··· Data for this task

impl Board {
    /// The seat of the next place, which no session ever used. Takes no memory.
    pub fn deal(&self, desk: &mut Lifted) -> Pin
        requires own { desk.old.table ≡ self.now.table }
        requires more { desk.old.knows.dealt < desk.old.knows.seats }
        ensures table { (result.table ≡ desk.old.table) × (desk.new.table ≡ desk.old.table) }
        ensures pin { result.knows ≡ new_pin desk.old.knows.dealt }
        ensures desk { desk.new.knows ≡ dealt_one desk.old.knows }
    {
        let Some(mut seat) = desk.seat.take() else {
            unreachable!()
        };
        let dealt = self.words.deal(&mut seat);
        desk.seat = Some(seat);
        let place = desk.dealt;
        desk.dealt = place + 1;
        Pin {
            seat: dealt,
            place,
            start: None,
        }
    }

    /// Settles the session at the clock, and answers it: no horizon is above this stamp, nor will one be until it
    /// leaves. Its base goes on from all that it had seen.
    ///
    /// `FloorAbove` exactly where a draw has raised the floor above that clock by the time that the slot holds it; the
    /// session is then not settled, its slot is idle, and it may try again. Neither waits nor takes memory.
    pub fn settle(&self, pin: &mut Pin) -> Result<u64, FloorAbove>
        requires own { pin.old.table ≡ self.now.table }
        requires free { pin.old.knows.settled ≡ false }
        ensures table { pin.new.table ≡ pin.old.table }
        ensures same { (pin.new.knows.place ≡ pin.old.knows.place) × (pin.new.knows.slips ≡ pin.old.knows.slips) × (pin.new.knows.mine ≡ pin.old.knows.mine) }
        ensures ok { IfOk result (λ s. (pin.new.knows.settled ≡ true) × (s ≡ length pin.new.knows.base) × (s ≡ pin.new.knows.held) × (pin.new.knows.refused ≡ pin.old.knows.refused)) }
        ensures in_journal { AreInJournal pin.new.knows.base pin.old.knows.mine }
        ensures goes_on { IsBeginning pin.new.knows.base pin.old.knows.seen }
        ensures seen { IfOk result (λ s. pin.new.knows.seen ≡ pin.new.knows.base) }
        ensures err { OnErr result ((pin.new.knows.settled ≡ false) × (pin.new.knows.held ≡ idle) × (pin.new.knows.refused ≡ pin.old.knows.refused + 1) × (pin.new.knows.seen ≡ pin.old.knows.seen)) }
    {
        let stamp = self.words.read_clock(&mut pin.seat);
        self.words.store(&mut pin.seat, pin.place, stamp);
        let floor = self.words.check_floor(&mut pin.seat);
        if stamp < floor {
            self.words.rest(&mut pin.seat, pin.place);
            return Err(FloorAbove);
        }
        pin.start = Some(stamp);
        Ok(stamp)
    }

    /// Makes the session's slot idle, so that it holds no horizon back. Neither waits nor takes memory.
    pub fn leave(&self, pin: &mut Pin)
        requires own { pin.old.table ≡ self.now.table }
        ensures table { pin.new.table ≡ pin.old.table }
        ensures left { pin.new.knows ≡ rested pin.old.knows }
    {
        self.words.rest(&mut pin.seat, pin.place);
        pin.start = None;
    }

    /// Notes a unit as this session's, and raises the clock to the unit's number. Takes no memory.
    ///
    /// `receipt` is that of the unit, which is the next of the journal.
    pub fn write(&self, desk: &mut Lifted, pin: &mut Pin, receipt: &Receipt)
        requires own { (desk.old.table ≡ self.now.table) × (pin.old.table ≡ self.now.table) }
        requires next { IsNext desk.old.knows.log receipt.now }
        requires slip { pin.old.knows.slips ≡ 1 }
        ensures table { (desk.new.table ≡ desk.old.table) × (pin.new.table ≡ pin.old.table) }
        ensures desk { desk.new.knows ≡ logged desk.old.knows receipt.now }
        ensures pin { pin.new.knows ≡ wrote desk.old.knows pin.old.knows receipt.now }
        ensures in_journal { AreInJournal desk.old.knows.log pin.old.knows.mine }
        ensures dealt { pin.old.knows.place < desk.old.knows.dealt }
        ensures goes_on { IsBeginning desk.old.knows.log pin.old.knows.seen }
    {
        let Some(lent) = desk.seat.take() else {
            unreachable!()
        };
        self.words.lend(&mut pin.seat, lent);
        self.words.write(&mut pin.seat, receipt);
        desk.seat = Some(self.words.give_back(&mut pin.seat));
    }

    /// Gives a slip to a session that begins, which has then seen the whole journal. Takes no memory.
    pub fn give_slip(&self, desk: &mut Lifted, pin: &mut Pin)
        requires own { (desk.old.table ≡ self.now.table) × (pin.old.table ≡ self.now.table) }
        requires free { pin.old.knows.slips ≡ 0 }
        ensures table { (desk.new.table ≡ desk.old.table) × (pin.new.table ≡ pin.old.table) }
        ensures desk { desk.new.knows ≡ gave desk.old.knows }
        ensures pin { pin.new.knows ≡ with_slip desk.old.knows pin.old.knows }
    {
        let Some(lent) = desk.seat.take() else {
            unreachable!()
        };
        self.words.lend(&mut pin.seat, lent);
        self.words.give_slip(&mut pin.seat);
        desk.seat = Some(self.words.give_back(&mut pin.seat));
    }

    /// Takes the slip off the seat of a session that ends. Takes no memory.
    pub fn take_slip(&self, pin: &mut Pin) -> Slip
        requires own { pin.old.table ≡ self.now.table }
        requires slip { pin.old.knows.slips ≡ 1 }
        ensures table { (result.table ≡ pin.old.table) × (pin.new.table ≡ pin.old.table) }
        ensures slip { result.knows ≡ slipped pin.old.knows.mine (pin.old.knows.seen ∷ []) }
        ensures pin { pin.new.knows ≡ without_slip pin.old.knows }
    {
        let seat = self.words.take_slip(&mut pin.seat);
        Slip { seat }
    }

    /// Returns a slip to the desk at the end. Takes no memory.
    pub fn return_slip(&self, tally: &mut Tally, slip: Slip)
        requires own { (tally.old.table ≡ self.now.table) × (slip.table ≡ self.now.table) }
        ensures table { tally.new.table ≡ tally.old.table }
        ensures knows { tally.new.knows ≡ tallied tally.old.knows.units tally.old.knows.given (tally.old.knows.returned + 1) (tally.old.knows.back ++ slip.knows.mine) (tally.old.knows.known ++ slip.knows.known) }
    {
        let Slip { seat } = slip;
        self.words.return_slip(&mut tally.seat, seat);
    }

    /// Shows that the units on the slips that came back are in the journal, each at its number, and that the beginnings
    /// on them begin it. Where all slips came back their units are all of it, each at its number once; no more came
    /// back than were given. It changes nothing. Takes no memory.
    pub fn audit(&self, tally: &mut Tally)
        requires own { tally.old.table ≡ self.now.table }
        ensures same { tally.new ≡ tally.old }
        ensures in_journal { AreInJournal tally.old.knows.units tally.old.knows.back }
        ensures all { tally.old.knows.returned ≡ tally.old.knows.given → AreAll tally.old.knows.units tally.old.knows.back }
        ensures few { tally.old.knows.returned ≤ tally.old.knows.given }
        ensures known { All (IsBeginning tally.old.knows.units) tally.old.knows.known }
    {
        self.words.learn(&mut tally.seat);
    }

    /// Moves the session's start to now, and answers it; shows what `meet` does of the session before. The slot keeps
    /// its stamp, which isn't after it. Takes no memory.
    pub fn restart(&self, desk: &mut Lifted, pin: &mut Pin) -> u64
        requires own { (desk.old.table ≡ self.now.table) × (pin.old.table ≡ self.now.table) }
        requires settled { pin.old.knows.settled ≡ true }
        ensures table { pin.new.table ≡ pin.old.table }
        ensures desk { desk.new ≡ desk.old }
        ensures pin { pin.new.knows ≡ rebased desk.old.knows pin.old.knows }
        ensures start { result ≡ length desk.old.knows.log }
        ensures met { Met desk.old.knows pin.old.knows }
    {
        let Some(lent) = desk.seat.take() else {
            unreachable!()
        };
        self.words.lend(&mut pin.seat, lent);
        let now = self.words.rebase(&mut pin.seat);
        desk.seat = Some(self.words.give_back(&mut pin.seat));
        pin.start = Some(now);
        now
    }

    /// Settles the session at now, and answers it; shows what `meet` does of the session before. It is never refused:
    /// no draw goes on meanwhile. Takes no memory.
    pub fn settle_now(&self, desk: &mut Lifted, pin: &mut Pin) -> u64
        requires own { (desk.old.table ≡ self.now.table) × (pin.old.table ≡ self.now.table) }
        ensures table { pin.new.table ≡ pin.old.table }
        ensures desk { desk.new ≡ desk.old }
        ensures pin { pin.new.knows ≡ settled_now desk.old.knows pin.old.knows }
        ensures start { result ≡ length desk.old.knows.log }
        ensures met { Met desk.old.knows pin.old.knows }
    {
        let Some(lent) = desk.seat.take() else {
            unreachable!()
        };
        self.words.lend(&mut pin.seat, lent);
        let clock = self.words.rebase(&mut pin.seat);
        self.words.settle_now(&mut pin.seat, pin.place, clock);
        desk.seat = Some(self.words.give_back(&mut pin.seat));
        pin.start = Some(clock);
        clock
    }

    /// Shows that no horizon is above the session's stamp, that its base and all that it has seen begin the journal,
    /// that its units are in the journal, that the floor isn't above the number of all units, and that its seat was
    /// dealt. From then on it has seen the whole journal; nothing else changes. Sessions that share the lock may meet the
    /// desk in turn. Takes no memory.
    pub fn meet(&self, desk: &mut Lifted, pin: &mut Pin)
        requires own { (desk.old.table ≡ self.now.table) × (pin.old.table ≡ self.now.table) }
        ensures table { pin.new.table ≡ pin.old.table }
        ensures desk { desk.new ≡ desk.old }
        ensures pin { pin.new.knows ≡ aware desk.old.knows pin.old.knows }
        ensures met { Met desk.old.knows pin.old.knows }
    {
        let Some(lent) = desk.seat.take() else {
            unreachable!()
        };
        self.words.lend(&mut pin.seat, lent);
        self.words.meet(&mut pin.seat);
        desk.seat = Some(self.words.give_back(&mut pin.seat));
    }

    /// Shows that a seat that no session has isn't at the place of this session's: no two seats are at one place. Takes no
    /// memory.
    pub fn part<R: Wait>(&self, rt: &R, pin: &mut Pin, seat: &FreeSeat)
        requires own { (pin.old.table ≡ self.now.table) × (seat.now.table ≡ self.now.table) }
        ensures same { pin.new ≡ pin.old }
        ensures apart { seat.now.place ≢ pin.old.knows.place }
    {
        if seat.place == pin.place {
            let other = lift(rt, &seat.perch);
            self.words.clash(&mut pin.seat, other);
        }
    }

    /// The same, where it answers so: not where somebody has that seat at each of 256 looks. It never waits.
    pub fn try_part(&self, pin: &mut Pin, seat: &FreeSeat) -> bool
        requires own { (pin.old.table ≡ self.now.table) × (seat.now.table ≡ self.now.table) }
        ensures same { pin.new ≡ pin.old }
        ensures apart { result ≡ true → seat.now.place ≢ pin.old.knows.place }
    {
        if pin.place == seat.place {
            let Some(other) = try_lift(&seat.perch) else {
                return false;
            };
            self.words.clash(&mut pin.seat, other);
        }
        true
    }

    /// Draws a horizon: the least of the clock and of the stamps in the slots of all seats dealt. The floor is raised
    /// to the clock, and no farther. Takes no memory.
    ///
    /// It is not above the stamp of any session that is settled, nor above that of any that will settle.
    pub fn draw(&self, desk: &mut Lifted) -> u64
        requires own { desk.old.table ≡ self.now.table }
        ensures table { desk.new.table ≡ desk.old.table }
        ensures least { (result ≡ least desk.new.knows) × (length desk.new.knows.loaded ≡ desk.old.knows.dealt) }
        ensures clock { (desk.new.knows.read ≡ length desk.old.knows.log) × (result ≤ length desk.old.knows.log) }
        ensures high { desk.new.knows.high ≡ max desk.old.knows.high result }
        ensures floor { desk.new.knows.floor ≡ max desk.old.knows.floor (length desk.old.knows.log) }
        ensures same { (desk.new.knows.log ≡ desk.old.knows.log) × (desk.new.knows.given ≡ desk.old.knows.given) × (desk.new.knows.seats ≡ desk.old.knows.seats) × (desk.new.knows.dealt ≡ desk.old.knows.dealt) }
    {
        let Some(mut seat) = desk.seat.take() else {
            unreachable!()
        };
        let horizon = self.words.draw(&mut seat, desk.dealt);
        desk.seat = Some(seat);
        horizon
    }
}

······

Work order — From the entries above, give again exactly the lines running from the line with "pub fn give_slip(&self, desk: &mut" to the line with "(result.table ≡ pin.old.table)"; include both of those lines.

Response —
    pub fn give_slip(&self, desk: &mut Lifted, pin: &mut Pin)
        requires own { (desk.old.table ≡ self.now.table) × (pin.old.table ≡ self.now.table) }
        requires free { pin.old.knows.slips ≡ 0 }
        ensures table { (desk.new.table ≡ desk.old.table) × (pin.new.table ≡ pin.old.table) }
        ensures desk { desk.new.knows ≡ gave desk.old.knows }
        ensures pin { pin.new.knows ≡ with_slip desk.old.knows pin.old.knows }
    {
        let Some(lent) = desk.seat.take() else {
            unreachable!()
        };
        self.words.lend(&mut pin.seat, lent);
        self.words.give_slip(&mut pin.seat);
        desk.seat = Some(self.words.give_back(&mut pin.seat));
    }

    /// Takes the slip off the seat of a session that ends. Takes no memory.
    pub fn take_slip(&self, pin: &mut Pin) -> Slip
        requires own { pin.old.table ≡ self.now.table }
        requires slip { pin.old.knows.slips ≡ 1 }
        ensures table { (result.table ≡ pin.old.table) × (pin.new.table ≡ pin.old.table) }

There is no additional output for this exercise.